Even as he reached the peak of his success in the 1940s, Kaiser moved quickly to expand the scope of his industrial operations: automobiles, steel making, aluminum, housing, nuclear power plants. In some of these ventures, Kaiser made good progress; in others, such as the production of automobiles, he failed disastrously. He never tired of looking for new opportunities. Toward the end of his life, he moved from Oakland to Hawaii, built hotels and a new city, and entered radio and television in Oahu. He brought to his career an extraordinary combination of skills; he was a dynamic and imaginative businessman who watched the future with the sharpest of eyes, anticipating trends and innovations in the country’s postwar economy of unparalleled prosperity. He believed — as perhaps only a westerner could believe — that government should take any action in making capitalism more responsive to the new preeminence of a technological and industrial society.

In the 1930s, most businessmen regarded organized labor with suspicion; Kaiser was no exception. But as New Deal reform filtered through his organization, he adopted a more compassionate and enlightened attitude toward the resentments of blue collar workers. He paid his employees better than average wages, furnished them with the latest in safe and modern equipment, and set up a prepaid health clinic for them. Ironically, as Foster points out, perhaps Kaiser’s most lasting legacy was not in roads, dams, or aluminum, but in medical services through his Kaiser Permanente Medical Care Program, which by the time of his death in 1967 had become one of the largest and most successful health plan systems in the nation.

The theme of this biography is summed up in the book’s subtitle. Kaiser was a builder of dreams as well as ships and dams, who envisioned a nation of material abundance and comfort. But perhaps his greatest influence may have been as an ideologue of far western development, in bringing to California and the Pacific Coast generally a confidence in itself as an emerging powerhouse of industrial development, less dependent on the aged financial infrastructure of the East. He was for forty years the single most powerful industrial figure in California, and Foster rightly reminds us that “Kaiser’s overall contributions place him among the first rank of American business leaders.”
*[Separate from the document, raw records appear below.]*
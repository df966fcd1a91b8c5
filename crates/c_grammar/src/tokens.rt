//! What the next token is to expressions and types, and their readers of one token.

ghost use Rattle.std.specs.Prelude.{◌≡◌};
ghost use Rattle.c_reader.specs.Outcome.{Fails, Gives, sees};
ghost use Rattle.c_reader.specs.Reading.{take_as};
ghost use Rattle.c_grammar.specs.Levels as levels;
ghost use Rattle.c_grammar.specs.Tokens as spec;
ghost use Rattle.c_grammar.specs.Types as types;

use crate::tables::{
    is_operator, is_prefix, is_type_word, literal_of, operator_of_level, prefix_of, starts_expr,
    starts_type, type_word_of,
};
use c_reader::{Cursor, Unread};
use c_tree::{BinaryOperator, Literal, Place, TypeWord, UnaryOperator};

/// Whether the next token is an operator before an operand.
pub fn sees_prefix(cursor: &Cursor<'_>) -> bool
    ensures { result ≡ sees spec.is_prefix cursor.now }
{
    is_prefix(cursor.peek())
}

/// Whether the next token is an operator of this level between two operands.
pub fn sees_operator(cursor: &Cursor<'_>, level: u8) -> bool
    ensures { result ≡ sees (spec.is_operator level) cursor.now }
{
    is_operator(level, cursor.peek())
}

/// Whether the next token is a word of a type's spelling.
pub fn sees_type_word(cursor: &Cursor<'_>) -> bool
    ensures { result ≡ sees spec.is_type_word cursor.now }
{
    is_type_word(cursor.peek())
}

/// Whether a type's spelling comes next.
pub fn sees_type(cursor: &Cursor<'_>) -> bool
    ensures { result ≡ sees spec.starts_type cursor.now }
{
    starts_type(cursor.peek())
}

/// Whether an expression comes next.
pub fn sees_expr(cursor: &Cursor<'_>) -> bool
    ensures { result ≡ sees spec.starts_expr cursor.now }
{
    starts_expr(cursor.peek())
}

/// Takes an operator before an operand, and tells its place.
pub fn prefix_at(cursor: &mut Cursor<'_>, left: u32) -> Result<(Place, UnaryOperator), Unread>
    ensures { Gives (take_as spec.is_prefix spec.prefix_at left cursor.old) result cursor.new }
{
    let token = cursor.peek();
    match prefix_of(token) {
        Some(prefix) => {
            cursor.take(true, left)?;
            Ok((token.place, prefix))
        }
        None => Err(Unread::Bad),
    }
}

/// Takes a literal, and tells its place.
pub fn literal_at(cursor: &mut Cursor<'_>, left: u32) -> Result<(Place, Literal), Unread>
    ensures { Gives (take_as spec.is_literal spec.literal_at left cursor.old) result cursor.new }
{
    let token = cursor.peek();
    match literal_of(token) {
        Some(literal) => {
            cursor.take(true, left)?;
            Ok((token.place, literal))
        }
        None => Err(Unread::Bad),
    }
}

/// Takes a word of a type's spelling, and tells its place.
pub fn type_word_at(cursor: &mut Cursor<'_>, left: u32) -> Result<(Place, TypeWord), Unread>
    ensures { Gives (take_as spec.is_type_word types.word_at left cursor.old) result cursor.new }
{
    let token = cursor.peek();
    match type_word_of(token) {
        Some(word) => {
            cursor.take(true, left)?;
            Ok((token.place, word))
        }
        None => Err(Unread::Bad),
    }
}

/// Takes an operator of this level between two operands, and tells its place.
pub fn operator_at(
    cursor: &mut Cursor<'_>,
    level: u8,
    left: u32,
) -> Result<(Place, BinaryOperator), Unread>
    ensures { Gives (take_as (spec.is_operator level) spec.operator_at left cursor.old) result cursor.new }
{
    let token = cursor.peek();
    match operator_of_level(level, token) {
        Some(operator) => {
            cursor.take(true, left)?;
            Ok((token.place, operator))
        }
        None => Err(Unread::Bad),
    }
}

/// Why no expression is read where no level of nesting is left.
pub fn no_expr(cursor: &Cursor<'_>) -> Unread
    ensures { Fails (levels.no_expr cursor.now) result cursor.now }
{
    Unread::without_level(sees_expr(cursor))
}

/// Why no type's spelling is read where no level of nesting is left.
pub fn no_specs(cursor: &Cursor<'_>) -> Unread
    ensures { Fails (levels.no_specs cursor.now) result cursor.now }
{
    Unread::without_level(sees_type(cursor))
}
In his concluding chapter, Foster suggests that Kaiser was the last of the late nineteenth century’s highly individualistic entrepreneurs who dominated their industries by the sheer force of their personalities. He was an obsessively ambitious man. But while Kaiser’s ambitions were considerable, so too was the outcome of his efforts in making the quality of life, as he was fond of saying, “a little better for the little guy.” Not least of all, Kaiser never wandered far from his own ethical standards and sense of responsibility to his sprawling empire. One does not have to invest an older generation of America’s business elite with an unnecessary amount of virtue to recognize in today’s business leaders an inordinate greed for money, lack of institutional loyalty, and indifference to the interests of consumers and stockholders.
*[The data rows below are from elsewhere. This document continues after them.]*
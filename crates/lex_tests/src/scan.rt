use c_scan::{Piece, Scan, scan};
use std::test::Fail;

#[test]
fn a_text_has_its_pieces(rt: HostRuntime) -> Result<(), Fail> {
    let Scan {
        pieces,
        unclosed,
        end,
    } = scan(rt.alloc(), b"ab/* */1\n#\"")?;
    assert!(rt; pieces.len() == 5);
    assert!(rt; matches!(&pieces[0], Piece::Token(_)));
    assert!(rt; matches!(&pieces[1], Piece::Token(_)));
    assert!(rt; matches!(&pieces[2], Piece::Line));
    assert!(rt; matches!(&pieces[3], Piece::Hash(_)));
    assert!(rt; matches!(&pieces[4], Piece::BadLiteral(_)));
    assert!(rt; unclosed.is_none());
    assert_eq!(rt; end.line, 2);
    assert_eq!(rt; end.column, 3);
    Ok(())
}
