ghost use Rattle.std.specs.Prelude.{◌<◌, ◌^◌, length};

use crate::table::{ROWS, TEXTS};
use c_lex::{LexFault, LexKind, tokens};
use c_tree::{Place, Token, TokenKind};
use std::alloc::Global;
use std::test::Fail;

/// A token in print.
fn printed_token(alloc: Global, token: &Token) -> Result<String, Fail> {
    let Place { line, column } = token.place;
    let kind = token.kind;
    let text = str::from_utf8(token.text.as_bytes())?;
    match kind {
        TokenKind::End => Ok(format!(in alloc; "{line}:{column} End")?),
        TokenKind::Integer | TokenKind::Character | TokenKind::Bound => {
            let number = token.number;
            let scalar = token.scalar;
            Ok(format!(in alloc; "{line}:{column} {kind:?} {text} {number} {scalar:?}  ")?)
        }
        _ => Ok(format!(in alloc; "{line}:{column} {kind:?} {text}  ")?),
    }
}

/// The tokens of a text in print, or its fault.
fn printed(alloc: Global, text: &[u8]) -> Result<String, Fail>
    requires { length text.now < 2 ^ 31 }
{
    let found = match tokens(alloc, text) {
        Ok(found) => found,
        Err(LexFault { kind, place }) => {
            let Place { line, column } = place;
            return Ok(format!(in alloc; "{kind:?} {line}:{column}")?);
        }
    };
    let mut all = String::new(alloc);
    for token in found.as_slice() {
        let token = printed_token(alloc, token)?;
        all.push_str(token.as_str())?;
    }
    Ok(all)
}

/// The bytes of a text of the table.
fn bytes_of(alloc: Global, text: &str) -> Result<Vec<u8>, Fail> {
    let mut bytes = Vec::new(alloc);
    for (index, part) in text.split('~').enumerate() {
        if index == 0 {
            bytes.extend_from_slice(part.as_bytes())?;
        } else {
            let (code, rest) = part.split_at_checked(2).ok_or("two digits")?;
            bytes.push(u8::from_str_radix(code, 16)?)?;
            bytes.extend_from_slice(rest.as_bytes())?;
        }
    }
    Ok(bytes)
}

#[test]
fn texts_have_these_tokens_or_faults(rt: HostRuntime) -> Result<(), Fail> {
    let mut rows = 0u32;
    for line in TEXTS.lines() {
        let (text, want) = line.split_once(" => ").ok_or("a text and its tokens")?;
        let text = bytes_of(rt.alloc(), text)?;
        assert!(rt; text.len() < 1000);
        let want = bytes_of(rt.alloc(), want)?;
        assert_eq!(rt;
            printed(rt.alloc(), &text)?.as_bytes(),
            want.as_slice(),
            "{line}"
        );
        rows = rows.saturating_add(1);
    }
    assert_eq!(rt; rows, ROWS);
    Ok(())
}

/// A macro of 1000 tokens, and so many uses of it on the next line.
fn uses(alloc: Global, count: u32) -> Result<String, Fail> {
    let mut text = String::from_str(alloc, "#define M ")?;
    for _ in 0..1000 {
        text.push_str(";")?;
    }
    text.push_str("\n")?;
    for _ in 0..count {
        text.push_str("M ")?;
    }
    Ok(text)
}

#[test]
fn more_than_2_to_the_20_tokens_are_too_many(rt: HostRuntime) -> Result<(), Fail> {
    let alloc = rt.alloc();
    let most = uses(alloc, 1047)?;
    assert!(rt; most.len() < 10000);
    let found = tokens(alloc, most.as_bytes());
    assert_eq!(rt;
        found.ok().map(|found| found.as_slice().len()),
        Some(1_047_001)
    );
    let more = uses(alloc, 1048)?;
    assert!(rt; more.len() < 10000);
    let fault = LexFault {
        kind: LexKind::Tokens,
        place: Place {
            line: 2,
            column: 2095,
        },
    };
    assert!(rt; tokens(alloc, more.as_bytes()).err() == Some(fault));
    Ok(())
}

/// The text `first`, and after it `part` as often as it fits into 2^20 bytes.
fn long_text(alloc: Global, first: &str, part: &str) -> Result<String, Fail> {
    let mut text = String::from_str(alloc, first)?;
    let times = (0x10_0000usize.saturating_sub(first.len()))
        .checked_div(part.len())
        .unwrap_or(0);
    for _ in 0..times {
        text.push_str(part)?;
    }
    Ok(text)
}

#[test]
fn the_longest_source_is_scanned_once(rt: HostRuntime) -> Result<(), Fail> {
    let alloc = rt.alloc();
    for (first, part, kind, column) in [
        // no string ends on the line, wherever it begins
        ("\"", "\\\"", LexKind::BadLiteral, 1),
        ("a\"", "\\\"", LexKind::BadLiteral, 2),
        ("", "'", LexKind::BadLiteral, 1),
        // each third opening closes a comment, and leaves a mark; the last comment stays open
        ("", "/*", LexKind::OpenComment, 1_048_573),
    ] {
        let text = long_text(alloc, first, part)?;
        assert!(rt; text.len() < 0x20_0000);
        let found = tokens(alloc, text.as_bytes()).err();
        let place = Place { line: 1, column };
        let expected = Some(LexFault { kind, place });
        assert!(rt; found == expected, "{first}{part}");
    }
    Ok(())
}

/// Macros of which each is twice the one before, up to 2^17 tokens, and `count` uses of the last.
fn nested_uses(alloc: Global, count: u32) -> Result<String, Fail> {
    let mut text = String::from_str(alloc, "#define A0 ;\n")?;
    for number in 1..=17u32 {
        let below = number.saturating_sub(1);
        text.push_str(format!(in alloc; "#define A{number} A{below} A{below}\n")?.as_str())?;
    }
    for _ in 0..count {
        text.push_str("A17 ")?;
    }
    Ok(text)
}

#[test]
fn nested_macros_are_replaced_up_to_the_limit(rt: HostRuntime) -> Result<(), Fail> {
    let alloc = rt.alloc();
    // the lists have 2^18 - 1 tokens, and each use 2^17
    let most = nested_uses(alloc, 6)?;
    assert!(rt; most.len() < 10000);
    let found = tokens(alloc, most.as_bytes()).ok();
    assert_eq!(rt; found.map(|found| found.as_slice().len()), Some(786_433));
    let more = nested_uses(alloc, 7)?;
    assert!(rt; more.len() < 10000);
    let place = Place {
        line: 19,
        column: 25,
    };
    let kind = LexKind::Tokens;
    assert!(rt; tokens(alloc, more.as_bytes()).err() == Some(LexFault { kind, place }));
    Ok(())
}
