//! The words that spell a type, as long as they agree (C11 6.7.2).

ghost use Rattle.std.specs.Prelude.{◌≡◌, ◌++◌, true, Some, None, if◌then◌else◌, IfOk};
ghost use Rattle.c_tree.specs.TypeWords as spelling;
ghost use Rattle.c_grammar.specs.Counting.{Few};
ghost use Rattle.c_reader.specs.Outcome.{Gives, sees};
ghost use Rattle.c_reader.specs.Reading as reading;
ghost use Rattle.c_grammar.specs.Types as spec;

use crate::counts::Counts;
use crate::tables::type_word_of;
use crate::tokens::type_word_at;
use c_reader::{Cursor, Unread, only};
use c_tree::{Token, TypeSpecifier, TypeWord};
use sqlite_items::Items;
use std::alloc::Global;

/// The word of a type's spelling that a token is, if it is one that agrees with those before it.
fn agreeing(counts: &Counts, token: &Token) -> Option<TypeWord>
    requires { Few 2 counts.now }
    ensures { result ≡ (if spec.agrees counts.now token.now then Some (spec.word_of token.now) else None) }
{
    match type_word_of(token) {
        Some(word) => {
            if counts.with_word(word).agree() {
                Some(word)
            } else {
                None
            }
        }
        None => None,
    }
}

/// Whether the next token is a word that agrees with those before it.
fn sees_agreeing(cursor: &Cursor<'_>, counts: &Counts) -> bool
    requires { Few 2 counts.now }
    ensures { result ≡ sees (spec.agrees counts.now) cursor.now }
{
    agreeing(counts, cursor.peek()).is_some()
}

/// Takes a word that agrees with those before it.
fn agreeing_word(cursor: &mut Cursor<'_>, counts: &Counts, left: u32) -> Result<TypeWord, Unread>
    requires { Few 2 counts.now }
    ensures reads { Gives (reading.take_as (spec.agrees counts.now) spec.word_of left cursor.old) result cursor.new }
    ensures agreed { IfOk result (λ word. spelling.agree (spelling.with_word word counts.now) ≡ true) }
{
    let token = cursor.peek();
    match agreeing(counts, token) {
        Some(word) => {
            cursor.take(true, left)?;
            Ok(word)
        }
        None => Err(Unread::Bad),
    }
}

/// What was found, and after it words as long as they agree, `size` of them at most.
fn words_after(
    cursor: &mut Cursor<'_>,
    size: usize,
    left: u32,
    mut counts: Counts,
    mut found: Items<TypeWord>,
) -> Result<Items<TypeWord>, Unread>
    requires { Few 2 counts }
    ensures { Gives (reading.after (spec.read_words size left counts cursor.old) (λ rest. reading.give (found ++ rest))) result cursor.new }
{
    for _turn in 0..size {
        if !sees_agreeing(cursor, &counts) {
            break;
        }
        let word = agreeing_word(cursor, &counts, left)?;
        counts = counts.with_word(word);
        found.push(word)?;
    }
    Ok(found)
}

/// A word of a type and those after it that agree.
#[tactic(auto, using(crate::proofs::Agreeing::few_first), unfolding(crate::specs::Types::read_type_words))]
pub fn type_words(
    alloc: Global,
    cursor: &mut Cursor<'_>,
    size: usize,
    left: u32,
) -> Result<TypeSpecifier, Unread>
    ensures { Gives (spec.read_type_words size left cursor.old) result cursor.new }
{
    let (place, word) = type_word_at(cursor, left)?;
    let counts = Counts::none().with_word(word);
    let words = words_after(cursor, size, left, counts, only(alloc, word)?)?;
    Ok(TypeSpecifier::Words(place, words))
}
One of the book’s major strengths is in the author’s extensive use of primary and secondary sources, including Kaiser’s personal papers as well as those of his prominent executives, government documents, oral history interviews, newspapers, and unpublished dissertations. Foster also sought out Kaiser’s friends, family members, close associates and, when possible, interviewed them. The result is a richly documented book, nicely indexed, made even more authoritative by the splendid manner in which Foster has manipulated his material into a lean, well-organized, fascinating, and thoroughly readable piece of personal and business history. Along with specialists in the field, it will appeal to a wider audience.

Although one might quibble with Foster’s decision to place Kaiser in the national pantheon of corporate leaders like Rockefeller, Ford, and Carnegie, it is nonetheless true that Kaiser was indeed an empire builder of considerable importance. It is unlikely that any future biographer will produce a better book.